Giant 30-foot ‘sea dragon’ fossil from 180 million years ago discovered in UK

The largest UK example of a predator that roamed the seas at the time of the dinosaurs has been uncovered.

The 33ft (10m) long ichthyosaur fossil, which is about 180 million years old, was found at Rutland Water Nature Reserve.

Similar in shape to dolphins, the reptiles – known as sea dragons – varied in size from 3 – 82ft (1 – 25m).

Anglian Water, which owns the area, said it was now seeking funding to protect and display the remains nearby.

As well as being the biggest, it is also the most complete fossil of its kind found in the UK and is also thought to be the first ichthyosaur of its specific species (Temnodontosaurus trigonodon) found in the country.

When lifted for conservation and study, the block containing the 6ft (2m) skull and surrounding clay, alone weighed a tonne.

It was discovered by Joe Davis, conservation team leader at Leicestershire and Rutland Wildlife Trust, during the routine draining of a lagoon island for re-landscaping in February 2021.

Giant 30-foot 'sea dragon' fossil from 180 million years ago discovered in UK

Mr Davis said: “The find has been absolutely fascinating and a real career highlight.

“It’s great to learn so much from the discovery and to think this amazing creature was once swimming in seas above us.

“Now, once again, Rutland Water is a haven for wetland wildlife albeit on a smaller scale.”

Palaeontologist Dr Dean Lomax has studied thousands of ichthyosaurs and was head of the excavation team.

He said: “It was an honour to lead the excavation.

“Britain is the birthplace of ichthyosaurs – their fossils have been unearthed here for over 200 years.

“Despite the many ichthyosaur fossils found in Britain, it is remarkable to think the Rutland ichthyosaur is the largest skeleton ever found in the UK.

Prehistoric 'sea dragon' ichthyosaur fossil discovered in U.K. reservoir

“It is a truly unprecedented discovery and one of the greatest finds in British palaeontological history.”

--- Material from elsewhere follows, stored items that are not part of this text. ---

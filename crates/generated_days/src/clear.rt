//! Whether anything is on its way in a folder.

ghost use Rattle.std.specs.Prelude.{◌≡◌, OnOk};
ghost use Rattle.std.specs.List.{list_any};
ghost use Rattle.acq_outside.specs.History.{files_of};
ghost use Rattle.acq_memory.specs.MemDisk.{past_of};
ghost use Rattle.generated_days.specs.Clear.{IsClear};
ghost use Rattle.journal_model.specs.Names as names;
ghost use Rattle.journal_model.specs.Reading.{journal_state_in};
ghost use Rattle.journal_model.specs.declared.step.JournalState.TheVariants.{Shut};

use acq_base::{NoMemory, Text};
use acq_memory::MemDisk;
use acq_outside::Disk;
use std::alloc::Global;

/// That no list is on its way in a folder, and that its journal has no record. An update that gets what it asks for leaves
/// it so; a folder that isn't so stands for want of memory.
pub fn check_clear(alloc: Global, disk: &mut MemDisk) -> Result<(), NoMemory>
    ensures clear { OnOk result (IsClear (files_of (past_of disk.old))) }
    ensures still { past_of disk.new ≡ past_of disk.old }
{
    let Ok(names) = disk.names(alloc) else {
        return Err(NoMemory);
    };
    if has_partial(names.as_slice()) {
        return Err(NoMemory);
    }
    check_shut(disk)?;
    Ok(())
}

/// That the first byte of the journal isn't 1.
fn check_shut(disk: &mut MemDisk) -> Result<(), NoMemory>
    ensures shut { OnOk result (journal_state_in (files_of (past_of disk.old) names.journal) ≡ Shut) }
    ensures still { past_of disk.new ≡ past_of disk.old }
{
    let mut gate = [0u8; 1];
    let Ok(_) = disk.read_at(b"journal", 0, &mut gate) else {
        return Err(NoMemory);
    };
    if gate[0] == 1 {
        return Err(NoMemory);
    }
    Ok(())
}

fn has_partial(files: &[Text]) -> bool
    ensures { result ≡ list_any names.is_partial files.now }
{
    files.iter().any(|file| is_partial(file.as_bytes()))
}

fn is_partial(name: &[u8]) -> bool
    ensures { result ≡ names.is_partial name.now }
{
    name.starts_with(b"partial/")
}
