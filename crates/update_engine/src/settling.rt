//! Sources that are ready are settled, and their new sets committed.
ghost use Rattle.std.specs.Prelude.{◌≡◌, ◌≢◌, ◌∷◌, [], ℕ, Err, IfErr, IfOk, IsSome, None, OnOk, Some, slice_get};
ghost use Rattle.acq_base.specs.declared.plan.Source.{Source as AnySource};
ghost use Rattle.acq_outside.specs.States.{IsNow};
ghost use Rattle.acq_outside.specs.Stays.{StaysCounting};
ghost use Rattle.board_model.specs.Boards.{first_ready};
ghost use Rattle.journal_model.specs.Rest.{IsIdle};
ghost use Rattle.list_commits.specs.Changes.{changes_for};
ghost use Rattle.run_model.specs.Runs.{is_installed};
ghost use Rattle.update_core.specs.BoardRefinement.{board_of};
ghost use Rattle.update_engine.specs.Session.{KeepsRunGoing, HasSettled, MayCommit, OnlySettles, StopsBetweenAsks};

use acq_base::{NoMemory, Row};
use acq_outside::Disk;
use commit_journal::{Change, Journal};
use list_commits::{changes_of, commit_groups};
use run_jobs::RunError;
use std::alloc::Global;
use update_core::Board;
use update_model::{Settled, Verdict2};

/// Whether a new set is installed.
pub fn is_new(verdict: &Verdict2) -> bool
    ensures { result ≡ is_installed verdict.now }
{
    match verdict {
        Verdict2::Installed(_) => true,
        _ => false,
    }
}

/// The changes of a source that was settled.
pub fn changes_from(
    alloc: Global,
    board: &Board,
    place: u32,
    settled: Settled,
) -> Result<Row<Change>, NoMemory>
    requires { IsSome (slice_get (board_of board.now).config.sources place) }
    ensures { (source : AnySource) → slice_get (board_of board.now).config.sources place ≡ Some source
        → IfOk result (λ changes. changes ≡ changes_for source settled) }
{
    let Some(source) = board.sources().get(place as usize) else {
        unreachable!()
    };
    changes_of(alloc, source, settled)
}

/// These changes as one group.
fn one_group(alloc: Global, changes: Row<Change>) -> Result<Row<Row<Change>>, NoMemory>
    ensures { IfOk result (λ groups. groups ≡ changes ∷ []) }
{
    let mut groups = Row::new(alloc);
    groups.push(changes)?;
    Ok(groups)
}

/// Settles the first source that is ready, and commits its new set, where it has one.
///
/// `DiskFault` only where the disk's count of faults rose, and never `BadJournal`.
pub fn install_ready<D: Disk>(
    alloc: Global,
    disk: &mut D,
    journal: &mut Journal,
    board: &mut Board,
    place: u32,
) -> Result<(), RunError>
    requires ready { first_ready (board_of board.old).slots ≡ Some place }
    requires stands { MayCommit (board_of board.old) (D.trace disk.old) }

    ensures frame { StaysCounting RunError.DiskFault D.Disk disk.old disk.new result }
    ensures undamaged { (at : ℕ) → result ≢ Err (RunError.BadJournal at) }

    ensures settled { OnOk result (HasSettled place (board_of board.old) (board_of board.new)) }

    ensures idle { OnOk result (IsNow IsIdle (D.trace disk.new)) }
    ensures goes { OnOk result (KeepsRunGoing (board_of board.old) (board_of board.new) (D.trace disk.old) (D.trace disk.new)) }
    ensures stops { IfErr result (λ error. StopsBetweenAsks error (board_of board.old) (D.trace disk.old) (D.trace disk.new)) }
{
    let settled = board.settle(alloc, place)?;
    if !is_new(&settled.verdict) {
        drop(settled);
        return Ok(());
    }
    let changes = changes_from(alloc, board, place, settled)?;
    let groups = one_group(alloc, changes)?;
    commit_groups(alloc, journal, disk, groups)?;
    Ok(())
}

/// Settles the sources that are ready, one by one, and commits the new set of each that has one.
///
/// `DiskFault` only where the disk's count of faults rose, and never `BadJournal`.
#[tactic(auto, using(crate::proofs::Stepping::goes_nowhere, crate::proofs::OnBoards::only_none))]
pub fn install_all<D: Disk>(
    alloc: Global,
    disk: &mut D,
    journal: &mut Journal,
    board: &mut Board,
) -> Result<(), RunError>
    requires { MayCommit (board_of board.old) (D.trace disk.old) }

    ensures frame { StaysCounting RunError.DiskFault D.Disk disk.old disk.new result }
    ensures undamaged { (at : ℕ) → result ≢ Err (RunError.BadJournal at) }

    ensures none { OnOk result (first_ready (board_of board.new).slots ≡ None) }
    ensures only { OnOk result (OnlySettles (board_of board.old) (board_of board.new)) }

    ensures idle { OnOk result (IsNow IsIdle (D.trace disk.new)) }
    ensures goes { OnOk result (KeepsRunGoing (board_of board.old) (board_of board.new) (D.trace disk.old) (D.trace disk.new)) }
    ensures stops { IfErr result (λ error. StopsBetweenAsks error (board_of board.old) (D.trace disk.old) (D.trace disk.new)) }
{
    'ready: while let Some(place) = board.ready() {
        install_ready(alloc, disk, journal, board, place)?;
    }
    Ok(())
}
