//! What one source of a board is made of: whether a Release that came may be installed, and the lists that it names.
//!
//! `admit` tells whether a Release that came may be installed, and the lists that it names, as `board_model`
//! defines (`value`). The list names of a source differ (`NamesDiffer`), and a disk may have
//! them (`HasDiskNames`), as they do in each sound plan.
#![tactic(auto)]

pub use admitting::{Admission, admit};
pub use found::{AdmittedRelease, Staying};
pub use lists::Lists;
pub use naming::by_name;
pub use opening::{NewLists, begin_lists};
pub use setup::Setup;

mod admitting;
mod found;
mod lists;
mod naming;
mod opening;
mod setup;
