//! How many bytes the lists of a folder have.

ghost use Rattle.std.specs.Prelude.{◌≡◌, All, IfOk};
ghost use Rattle.std.specs.List.{sum_by};
ghost use Rattle.acq_outside.specs.Crash.{trace_of};
ghost use Rattle.acq_outside.specs.Disk.{IsName};
ghost use Rattle.acq_outside.specs.History.{files_of};
ghost use Rattle.acq_memory.specs.MemDisk.{past_of};
ghost use Rattle.acq_outside.specs.States.{ToldAs};
ghost use Rattle.generated_days.specs.Days.{HasBytes};
ghost use Rattle.generated_days.specs.Sizes.{size_in};
ghost use Rattle.journal_model.specs.Names as names;
ghost use Rattle.journal_model.specs.Reopen.{installed_now};
ghost use Rattle.journal_model.specs.Rest.{IsAtRest};

use acq_base::{NoMemory, Text};
use acq_memory::MemDisk;
use acq_outside::Disk;
use journal_model::is_file_name;
use std::alloc::Global;

/// How many bytes the lists of a folder at rest have.
pub fn bytes_of(alloc: Global, disk: &mut MemDisk) -> Result<u64, NoMemory>
    requires { ToldAs (IsAtRest (installed_now (trace_of (past_of disk.old)))) (trace_of (past_of disk.old)) }
    ensures bytes { IfOk result (HasBytes (installed_now (trace_of (past_of disk.old)))) }
    ensures still { past_of disk.new ≡ past_of disk.old }
{
    let Ok(names) = disk.names(alloc) else {
        return Err(NoMemory);
    };
    let bytes = size_of_lists(disk, names.as_slice())?;
    Ok(bytes)
}

/// The sizes of those of these files that are lists, in all.
fn size_of_lists(disk: &mut MemDisk, files: &[Text]) -> Result<u64, NoMemory>
    requires { All IsName files.now }
    ensures sum { IfOk result (λ bytes. bytes ≡ sum_by (size_in (files_of (past_of disk.old))) files.now) }
    ensures still { past_of disk.new ≡ past_of disk.old }
{
    let mut bytes: u64 = 0;
    for file in files {
        let size = size_of(disk, file.as_bytes())?;
        bytes = bytes.checked_add(size).ok_or(NoMemory)?;
    }
    Ok(bytes)
}

/// The size of a list, and 0 of a file that is none.
fn size_of(disk: &mut MemDisk, name: &[u8]) -> Result<u64, NoMemory>
    requires { IsName name.now }
    ensures size { IfOk result (λ size. size ≡ size_in (files_of (past_of disk.old)) name.now) }
    ensures still { past_of disk.new ≡ past_of disk.old }
{
    if !is_list(name) {
        return Ok(0);
    }
    match disk.size(name) {
        Ok(size) => Ok(size.unwrap_or(0)),
        Err(_) => Err(NoMemory),
    }
}

/// Whether a file of this name is a list: one in the folder, neither the journal, nor the lock, nor a list on its way.
fn is_list(name: &[u8]) -> bool
    ensures { result ≡ names.is_installed_name name.now }
{
    name != b"journal".as_slice()
        && name != b"lock".as_slice()
        && !name.starts_with(b"partial/")
        && is_file_name(name)
}
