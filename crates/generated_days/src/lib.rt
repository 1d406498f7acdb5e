//! Updates over the mirror of a number: on its first day from an empty folder, and on its second from the lists of the
//! first, all in memory.
//!
//! `both_days` answers how each went, in three numbers that the mirror and its number alone decide.
//!
//! `both_days` runs the updates over the mirror of a number on its two days, in memory, and its clause ties the
//! numbers that it gives to that number (`days`): of each day the sources of which the mirror has a set that the
//! folder doesn't hold, the positions of the routes over the mirror from no list on its way, and the bytes of the
//! lists that are next.
#![tactic(auto)]

pub use days::{Day, both_days};

mod bytes;
mod clear;
mod configure;
mod days;
mod laws;
mod run;
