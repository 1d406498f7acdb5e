//! Whether a Release that came may be installed.

ghost use Rattle.std.specs.Prelude.{◌≡◌, IfOk, MatchResult, option_map, Ok, Err};
ghost use Rattle.update_model.specs.Outcomes.{admitted, bytes_of, dated, headed, Kept};
ghost use Rattle.update_model.specs.Releases.{installed_release as installed_of};
ghost use Rattle.board_source.specs.Admitting.{against, admitted_bytes, admitted_release, first_reason as reason_of};
ghost use Rattle.board_source.specs.Refinement.{admission_of, found_of, staying_of};

use crate::found::{AdmittedRelease, Staying};
use crate::setup::Setup;
use acq_base::{Bytes, NoMemory, Refusal, Row, TryCopy};
use kept_hooks::Judge;
use release_file::{DateError, Release, ReleaseError, judge_dates, read_release, refused_field};
use std::alloc::Global;
use update_model::{Body, Cause, End};

/// Whether a Release may be installed.
#[derive(Drop)]
pub enum Admission {
    Admitted(AdmittedRelease),
    Stays(Staying),
}

/// The Release that came, where it may be installed beside the installed one of these bytes, or the first reason against it.
pub fn admit(
    alloc: Global,
    judge: &Judge,
    setup: &Setup,
    end: End,
    old: &Option<Bytes>,
) -> Result<Admission, NoMemory>
    requires { judge.now.change ≡ setup.now.change }
    ensures { IfOk result (λ admission. admission_of admission ≡ admitted end old.now setup.now.settings setup.now.change setup.now.moment) }
{
    match release_bytes(alloc, end) {
        Ok(bytes) => admit_bytes(alloc, judge, setup, bytes, old),
        Err(cause) => Ok(Admission::Stays(Staying::Kept(cause))),
    }
}

/// The bytes of a Release that came, or why there are none. A Release neither stands nor is staged.
fn release_bytes(alloc: Global, end: End) -> Result<Bytes, Cause>
    ensures { MatchResult result (λ bytes. bytes_of end ≡ Ok bytes) (λ cause. bytes_of end ≡ Err (Kept cause)) }
{
    match end {
        End::Got(Body::Bytes(bytes)) => Ok(bytes),
        End::Ended(cause) => Err(cause),
        End::Got(Body::Staged(_)) | End::Stands => Ok(Row::new(alloc)),
    }
}

/// The same of its bytes.
fn admit_bytes(
    alloc: Global,
    judge: &Judge,
    setup: &Setup,
    bytes: Bytes,
    old: &Option<Bytes>,
) -> Result<Admission, NoMemory>
    requires { judge.now.change ≡ setup.now.change }
    ensures { IfOk result (λ admission. admission_of admission ≡ admitted_bytes bytes old.now setup.now.settings setup.now.change setup.now.moment) }
{
    match read_release(alloc, bytes.as_slice()) {
        Ok(release) => admit_release(alloc, judge, setup, AdmittedRelease { bytes, release }, old),
        Err(ReleaseError::NoMemory) => Err(NoMemory),
        Err(refusal) => Ok(Admission::Stays(Staying::Kept(Cause::BadRelease {
            number: refusal.number(),
            line: refusal.line(),
        }))),
    }
}

/// The same of a Release that is read.
fn admit_release(
    alloc: Global,
    judge: &Judge,
    setup: &Setup,
    found: AdmittedRelease,
    old: &Option<Bytes>,
) -> Result<Admission, NoMemory>
    requires { judge.now.change ≡ setup.now.change }
    ensures { IfOk result (λ admission. admission_of admission ≡ admitted_release (found_of found) (installed_of old.now) setup.now.settings setup.now.change setup.now.moment) }
{
    let installed = installed_release(alloc, old)?;
    let reason = first_reason(alloc, judge, setup, &found.release, installed)?;
    match reason {
        Some(why) => Ok(Admission::Stays(why)),
        None => Ok(Admission::Admitted(found)),
    }
}

/// The installed Release; bytes that are refused count as none.
fn installed_release(alloc: Global, old: &Option<Bytes>) -> Result<Option<Release>, NoMemory>
    ensures { IfOk result (λ release. release ≡ installed_of old.now) }
{
    let Some(bytes) = old else {
        return Ok(None);
    };
    match read_release(alloc, bytes.as_slice()) {
        Ok(release) => Ok(Some(release)),
        Err(ReleaseError::NoMemory) => Err(NoMemory),
        Err(_) => Ok(None),
    }
}

/// The first reason against a Release: its dates, then what it says of itself otherwise than the installed one.
fn first_reason(
    alloc: Global,
    judge: &Judge,
    setup: &Setup,
    release: &Release,
    installed: Option<Release>,
) -> Result<Option<Staying>, NoMemory>
    requires { judge.now.change ≡ setup.now.change }
    ensures { IfOk result (λ why. against (option_map staying_of why) ≡ reason_of release.now installed setup.now.settings setup.now.change setup.now.moment) }
{
    let date = date_of(&installed);
    match judge_dates(release, date, &setup.settings.dates, setup.moment) {
        Ok(()) => head_reason(alloc, judge, setup, release, installed),
        Err(refusal) => Ok(Some(date_reason(refusal))),
    }
}

/// When the installed Release was made.
fn date_of(installed: &Option<Release>) -> Option<i64>
    ensures { result ≡ option_map (λ o. o.date) installed.now }
{
    match installed {
        Some(release) => Some(release.date),
        None => None,
    }
}

/// Why a Release with such dates may not be installed.
fn date_reason(refusal: DateError) -> Staying
    ensures { Err (staying_of result) ≡ dated (Err refusal) }
{
    match refusal {
        DateError::Expired(end) => Staying::Kept(Cause::Expired(end)),
        DateError::Future(date) => Staying::Kept(Cause::Future(date)),
        DateError::Older(date) => Staying::Older(date),
    }
}

/// Why a Release with such a head may not follow the installed one, if it may not.
fn head_reason(
    alloc: Global,
    judge: &Judge,
    setup: &Setup,
    release: &Release,
    installed: Option<Release>,
) -> Result<Option<Staying>, NoMemory>
    requires { judge.now.change ≡ setup.now.change }
    ensures { IfOk result (λ why. against (option_map staying_of why) ≡ headed setup.now.change installed release.now) }
{
    let Some(old) = installed else {
        return Ok(None);
    };
    if judge.allows(&old.head, &release.head) {
        return Ok(None);
    }
    match refused_field(&setup.change, &old.head, &release.head) {
        Some(field) => Ok(Some(Staying::Kept(Cause::Changed {
            old: old.head,
            new: release.head.copy(alloc)?,
            field,
        }))),
        None => Ok(None),
    }
}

Palaeontologists will continue to research the discovery, with academic papers to be published in the future.

The fossil is currently being studied and conserved at an undisclosed location in Shropshire but it is expected to be returned to Rutland for permanent display.

The remains were fully excavated earlier this year and will feature on BBC Two’s Digging for Britain, on Tuesday at 20:00 GMT, before being made available on BBC iPlayer.